Sorunsuz geçmemize rağmen arabayı süren Mustafa, sinirli. Kimlik sormaları gerekiyor diyor, içimizden birileri karşıya IŞİD saflarına geçmek için de burada olabilirdi diye ekliyor. Güneydoğu'da devletin yokluğundan şikayet ediyor sürekli. Buralar böyle, ne bir hizmet ne bir güvenlik var diye yakınıyor.

SOLUMUZ IŞİD, SAĞIMIZ YPG...

Yolları aydınlatan tek ışık askeri araçların geçerken yaktıkları farlar. Tam sınırdayız. 10 metre ötede çitler var. Çitlerin Suriye tarafı Kobani'den Türkiye'ye geçiş sırasında içeriye alınmayan arabalar ile dolu. Karşıda da Miştenur tepesi, IŞİD o kadar yakın. Sürekli telefonlarımızı kapatmamız gerektiği konusunda uyarıyorlar, ses ve ışık olmaması açısından. İlerideki bir çatışmadan mermilerin isabet edebileceği kadar yakın bir noktadayız ne de olsa. Burası tam cephenin olduğu yer. Solumuz IŞİD kontrolünde sağımız ise Peşmerge ve YPG.

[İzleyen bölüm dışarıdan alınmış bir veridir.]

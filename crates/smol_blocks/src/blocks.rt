//! What a reader keeps of blocks: the surfaces and the compartments that they give.
ghost use Rattle.std.specs.Prelude.{◌≡◌, ◌+◌, ◌++◌, ◌<◌, ◌≤◌, [], ℕ, List, Some, Err, false, length, drop, slice_get, IfOk, IfSome, OnOk, OnErr};
ghost use Rattle.smol_text.specs.Reading.{Stated};
ghost use Rattle.smol_text.specs.Spans.{stated_lines};
ghost use Rattle.smol_types.specs.declared.fault.ConfigFault.TheVariants.{At};
ghost use Rattle.smol_types.specs.declared.fault.Kind.{Kind as TheKind};
ghost use Rattle.smol_types.specs.Limits.{most_compartments, most_panels, most_species, most_surfaces};
ghost use Rattle.smol_line.specs.Axes.{most_axes};
ghost use Rattle.smol_line.specs.Names.{is_named};
ghost use Rattle.smol_blocks.specs.BlocksTable.{GoesOn};

use crate::compartment_block::read_compartment_block;
use crate::drafts::{CompartmentDraft, SurfaceDraft};
use crate::surface_block::read_surface_block;
use smol_line::{Axes, NameSet};
use smol_text::Text;
use smol_types::{Compartment, ConfigFault, Items, Panel, Surface};
use std::alloc::{AllocError, Global};

/// What the blocks read so far give.
#[derive(Drop)]
pub struct Blocks {
    pub surface_names: NameSet,
    pub surfaces: Items<Surface>,
    pub panels: Items<Panel>,
    pub compartment_names: NameSet,
    pub compartments: Items<Compartment>,
}

// Adds panels behind the others.
fn append(all: &mut Items<Panel>, more: &Items<Panel>) -> Result<(), AllocError>
    ensures added { OnOk result (all.new ≡ all.old ++ more.now) }
    ensures begun { GoesOn all.old all.new }
{
    for panel in more.as_slice() {
        all.push(*panel)?;
    }
    Ok(())
}

impl Blocks {
    ghost use Rattle.smol_blocks.specs.Blocks.{BlockSaid};
    ghost use Rattle.smol_blocks.specs.BlocksTable.{AddsCompartment, AddsSurface, Holds, IsKept, KeepsNames, ReadsCompartment, ReadsSurface};
    ghost use Rattle.smol_blocks.specs.BlockText.{compartment_block, surface_block};

    /// No blocks, which takes no memory.
    pub fn new(alloc: Global) -> Blocks
        ensures holds { Holds result [] }
        ensures kept { IsKept result }
    {
        Blocks {
            surface_names: NameSet::new(alloc),
            surfaces: Items::new(alloc),
            panels: Items::new(alloc),
            compartment_names: NameSet::new(alloc),
            compartments: Items::new(alloc),
        }
    }

    // Adds a surface of a new name, with its panels.
    fn add_surface(&mut self, alloc: Global, draft: SurfaceDraft) -> Result<(), AllocError>
        requires new { is_named self.old.surface_names draft.name ≡ false }
        ensures added { OnOk result (AddsSurface self.old self.new draft) }
        ensures names { OnErr result (KeepsNames self.old self.new) }
    {
        let SurfaceDraft {
            name,
            surface,
            panels,
        } = draft;
        append(&mut self.panels, &panels)?;
        self.surfaces.push(surface)?;
        self.surface_names.add(alloc, name.as_str())?;
        Ok(())
    }

    /// Reads the block of a surface that the line at an index opens, beside these axes and species, and adds what it gives.
    /// Answers the index of the line behind the block.
    pub fn read_surface(
        &mut self,
        alloc: Global,
        axes: &Axes,
        species: &NameSet,
        text: &Text,
        at: usize,
    ) -> Result<usize, ConfigFault>
        requires within { at < length (stated_lines text.now) }
        requires axes { IfSome axes.now.dims (λ dims. (1 ≤ dims) × (dims ≤ most_axes)) }
        requires species { length species.now ≤ most_species }
        requires kept { IsKept self.old }
        ensures kept { OnOk result (IsKept self.new) }
        ensures reads { (line : Stated) → slice_get (stated_lines text.now) at ≡ Some line
            → ReadsSurface (surface_block axes.now species.now self.old.surface_names (length self.old.panels) line (at + 1)
            (drop (at + 1) (stated_lines text.now))) self.old self.new result }
        ensures names { OnErr result (KeepsNames self.old self.new) }
        ensures unchanged { (line : ℕ) (kind : TheKind) → result ≡ Err (At line kind) → self.new ≡ self.old }
        ensures next { IfOk result (λ next. (at + 1 < next) × (next ≤ length (stated_lines text.now))) }
    {
        let count = self.panels.len();
        let (draft, next) = read_surface_block(
            alloc,
            text,
            at,
            axes,
            species,
            &self.surface_names,
            count,
        )?;
        match self.add_surface(alloc, draft) {
            Ok(()) => Ok(next),
            Err(_) => Err(ConfigFault::OutOfMemory),
        }
    }

    // Adds a compartment of a new name.
    fn add_compartment(&mut self, alloc: Global, draft: CompartmentDraft) -> Result<(), AllocError>
        requires new { is_named self.old.compartment_names draft.name ≡ false }
        ensures added { OnOk result (AddsCompartment self.old self.new draft) }
        ensures names { OnErr result (KeepsNames self.old self.new) }
    {
        let CompartmentDraft { name, compartment } = draft;
        self.compartments.push(compartment)?;
        self.compartment_names.add(alloc, name.as_str())?;
        Ok(())
    }

    /// Reads the block of a compartment that the line at an index opens, beside these axes, and adds what it gives. Answers
    /// the index of the line behind the block.
    pub fn read_compartment(
        &mut self,
        alloc: Global,
        axes: &Axes,
        text: &Text,
        at: usize,
    ) -> Result<usize, ConfigFault>
        requires within { at < length (stated_lines text.now) }
        requires kept { IsKept self.old }
        ensures kept { OnOk result (IsKept self.new) }
        ensures reads { (line : Stated) → slice_get (stated_lines text.now) at ≡ Some line
            → ReadsCompartment (compartment_block axes.now self.old.surface_names self.old.compartment_names line (at + 1)
            (drop (at + 1) (stated_lines text.now))) self.old self.new result }
        ensures names { OnErr result (KeepsNames self.old self.new) }
        ensures unchanged { (line : ℕ) (kind : TheKind) → result ≡ Err (At line kind) → self.new ≡ self.old }
        ensures next { IfOk result (λ next. (at + 1 < next) × (next ≤ length (stated_lines text.now))) }
    {
        let (draft, next) = read_compartment_block(
            alloc,
            text,
            at,
            axes,
            &self.surface_names,
            &self.compartment_names,
        )?;
        match self.add_compartment(alloc, draft) {
            Ok(()) => Ok(next),
            Err(_) => Err(ConfigFault::OutOfMemory),
        }
    }
}
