//! Words of a line.
ghost use Rattle.std.specs.Prelude.{◌≡◌};
ghost use Rattle.std.specs.Str.{bytes_eq};
ghost use Rattle.smol_line.specs.Words.{word_at};

use smol_text::StatedLine;

/// Word i of a line, counted from 0, and no bytes where there is none.
pub fn word_at<'a>(line: &StatedLine<'a>, i: usize) -> &'a [u8]
    ensures { result.now ≡ word_at line.now i }
{
    if i < line.len() { line.word(i) } else { &[] }
}

/// Whether a word is this text.
pub fn spells(word: &[u8], text: &str) -> bool
    ensures { result ≡ bytes_eq word.now text.now }
{
    word == text.as_bytes()
}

IŞİD'E GEÇİŞLERİ ENGELLEMEK İÇİN KÖYLERİNİ TERK ETMİYORLAR


Askeri jetleri göremiyoruz ama sesleri epey duyuluyor. Bombalar düştüğünde ise yaslandığımız duvarın sarsıntısı hepimizi ürkütüyor. Köyde hala en az 10 hane var. Askerler tarafından evlerini boşaltmaları gerektiği konusunda uyarılmalarına rağmen çıkmak istemediklerini söylüyorlar. Neden diyoruz, kendileri de giderse bölgenin daha tehlikeli olabileceğini düşündüklerini anlatıyorlar. Bulunduğumuz köyün tam karşısı IŞİD tarafından kontrol edildiği için, köyün boş olması durumunda içeriye giriş çıkışların olacağından endişeliler.

SINIRDA NÖBET

Bölgenin Türk askerleri tarafından kontrol edilmesine rağmen birçok kişi nöbet tutuyor sınırda, askere görünmeden. 23 yaşındaki Mustafa, yapılan nöbetlere daimi olarak katıldığını söylüyor. Suruç'un içinde üzerinde envai çeşit uyuşturucu bulunan birini yakaladıklarını ve Akçakale'den Rakka'ya gideceğini itiraf ettirdiklerini anlatıyor Sonra ne oldu diyoruz, daha fazla konuşmak istemiyor. Çok tehlikeli burası diyor ve susuyor.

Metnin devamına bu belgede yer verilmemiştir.